Today, more than a decade after founding Techstars, we are on the path to achieving its vision as the worldwide network that helps entrepreneurs succeed. We work with corporate partners like Target, Ford, Barclays, Amazon, and over 50 others to supercharge growth by accelerating innovation and cultural transformation. Startup Week, Startup Weekend, and Startup Accelerators have helped to create tens of billions of dollars in value and tens of thousands of jobs. We currently provide our Startup Weekend in 630 cities in 110 countries with over 70,000 attendees annually. Startup Week takes place in 147 cities in 16 countries with over 100,000 participants annually.
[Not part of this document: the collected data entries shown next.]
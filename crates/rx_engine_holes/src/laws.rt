//! Laws of what is asked at special places, each as the contract of a function that does nothing.

ghost use Rattle.std.specs.Prelude.{◌≡◌, ◌++◌, ◌||◌, false, Bool, ℕ, List as ListOf, []};
ghost use Rattle.rx_core.specs.declared.types.Span.{Span};
ghost use Rattle.rx_typed.specs.declared.nodes.Node.{Node};
ghost use Rattle.rx_typed.specs.declared.nodes.Site.{Site};
ghost use Rattle.rx_typed.specs.Named.{else_diverges, some_diverges, is_place, node_of, tail_never, Body, Else, Exp, Function, Statements};
ghost use Rattle.rx_typeck_solver.specs.declared.facts.Demand.{Demand};
ghost use Rattle.rx_typeck_solver.specs.declared.facts.Subject.{Subject};
ghost use Rattle.rx_typeck_solver.specs.Facts.{KnownItems, MeetsEach, Assignment};
ghost use Rattle.rx_typeck_solver.specs.Ordered.{Orderly};
ghost use Rattle.rx_typeck_solver.specs.Valid.{Told, Valid};
ghost use Rattle.rx_typeck_typed.specs.Demands.{demands, hands_on, of_body, of_exp, of_statements, task};
ghost use Rattle.rx_engine_blocks.specs.Renumbering.{node_at, shape_at, subject_at, Renumbering};
ghost use Rattle.rx_engine_blocks.specs.DemandsLike.{DemandsLike, Is};
ghost use Rattle.rx_engine_blocks.specs.Knows.{Knows};
ghost use Rattle.rx_engine_blocks.specs.Along.{composed, none_viewed, shared, MutableAt, PartialInverse, Viewed};
ghost use Rattle.rx_engine_blocks.specs.Blocks.{none_behind, AllReferences, Behind, Fixes, ToldIn};
ghost use Rattle.rx_engine_blocks.specs.ByItself.{ByItself};
ghost use Rattle.rx_engine_blocks.specs.Made.{MadeElse, MadeStatements};
ghost use Rattle.rx_engine_blocks.specs.Around.{Among, Round};
ghost use Rattle.rx_engine_blocks.specs.Settled.{Settles};
ghost use Rattle.rx_engine_blocks.specs.Copies.{EachCopies};
ghost use Rattle.rx_engine_blocks.specs.Parts.{Added, StandsFor};
ghost use Rattle.rx_engine_typing.specs.Renumbered.{no_holes, RenumberedBody, RenumberedExp, RenumberedFunction, RenumberedStatements};
ghost use Rattle.rx_engine_holes.specs.CallFits.{EndFits, StatementsFit};
ghost use Rattle.rx_engine_holes.specs.Entries.{assigned, of_text, Apart, Entries};
ghost use Rattle.rx_engine_holes.specs.Named.{NamedIn};
ghost use Rattle.rx_engine_holes.specs.Others.{Anywhere, AskForNoInteger, OthersFit};
ghost use Rattle.rx_engine_holes.specs.Returned.{returned_holes};
ghost use Rattle.rx_engine_holes.specs.Run.{with_run};
ghost use Rattle.rx_engine_holes.specs.Sited.{at_site};
ghost use Rattle.rx_engine_holes.specs.Special.{special_holes};
ghost use Rattle.rx_engine_holes.specs.Tail.{of_end, with_tail};

use rx_engine_blocks::runs_are_valid;

/// What is asked of a body in which some variables are behind references, some literals have suffixes, and
/// jumps are returns, stands for what the text's asks.
pub fn special_bodies_ask_alike()
    ensures { (r : Renumbering) (u : PartialInverse r) (view : Viewed) (behind : Behind) (q : Renumbering) (elsewhere : Behind) (fs : ListOf Demand) (D E : KnownItems) → Knows r D E
        → (A V : Assignment) (es : ListOf Demand) → AllReferences r u view behind E A es → MeetsEach E V es → (loops : ℕ → ℕ) (f : ℕ) (b b' : Body)
        → RenumberedBody r loops (special_holes r u view behind A V) b b'
        → DemandsLike r (StandsFor r u view behind (ToldIn q elsewhere fs) D E A V es) (of_body f b []) (of_body (r.items f) b' []) }
{}

/// The same of statements.
pub fn special_statements_ask_alike()
    ensures { (r : Renumbering) (u : PartialInverse r) (view : Viewed) (behind : Behind) (q : Renumbering) (elsewhere : Behind) (fs : ListOf Demand) (D E : KnownItems) → Knows r D E
        → (A V : Assignment) (es : ListOf Demand) → AllReferences r u view behind E A es → MeetsEach E V es → (loops : ℕ → ℕ) (f : ℕ) (ss ss' : Statements)
        → RenumberedStatements r loops (special_holes r u view behind A V) ss ss'
        → DemandsLike r (StandsFor r u view behind (ToldIn q elsewhere fs) D E A V es) (of_statements f ss []) (of_statements (r.items f) ss' []) }
{}

/// The same of a whole function.
pub fn special_functions_ask_alike()
    ensures { (r : Renumbering) (u : PartialInverse r) (view : Viewed) (behind : Behind) (q : Renumbering) (elsewhere : Behind) (fs : ListOf Demand) (D E : KnownItems) → Knows r D E
        → (A V : Assignment) (es : ListOf Demand) → AllReferences r u view behind E A es → MeetsEach E V es → (loops : ℕ → ℕ) (f g : Function)
        → RenumberedFunction r loops (special_holes r u view behind A V) f g
        → DemandsLike r (StandsFor r u view behind (ToldIn q elsewhere fs) D E A V es) (demands f) (demands g) }
{}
And our three-month Startup Accelerators have helped more than 1,700 companies.

In 2019 we launched a new initiative called Techstars Studio, which will allow Techstars to source new company concepts from Techstars alumni founders, community leaders, venture capitalists, mentors, and corporate partners. The Techstars Studio will then build prototypes, test market adoption, and select the most promising concepts for launch. The first Techstars Studio will be in Boulder, just like the first Techstars accelerator was in 2007. As with the expansion of Techstars Accelerators around the world, we expect Techstars Studios to follow a similar expansion path. We are especially excited about the founding team of Techstars Studios. Along with the leadership of David Cohen (the co-CEO of Techstars) will be Isaac Saldana, founder of SendGrid, and Mike Rowan, former VP of SendGrid Labs. We’ve worked closely with Isaac and Mike over the years and are psyched to have another chance to create something with them from the ground floor.

One of the things that sets Techstars apart from others is the consistency of what we do and the results we achieve. We frequently hear from participants in our programs—startup founders, mentors, corporate partners, and attendees at our Startup events—that regardless of location, program, or Techstars leaders, the same high-quality standards and value are delivered. We attribute this to our Code of Conduct, which permeates all that we do at Techstars and is rigorously enforced.2 We hold ourselves and all others in the Techstars community to the highest levels of conduct because we believe we are ambassadors for the Techstars community, and we live in the public. Our code has three tenets: we give first, we act with integrity, and we treat all others with respect.

By giving first, we mean helping others whenever possible, and appreciating the help others give us. By acting with integrity, we mean being honest and transparent, protecting sensitive information, communicating with our investors, and disclosing conflicts of interest. And by treating others with respect, we mean committing to an open, nonhostile workplace, having zero tolerance for any form of discrimination or harassment, avoiding gossip, and promoting fair pay for equal work.

We believe all companies should operate with these principles, and by doing so they will achieve a harmony that leads to higher levels of engagement and better productivity, and will attract talented people at all levels.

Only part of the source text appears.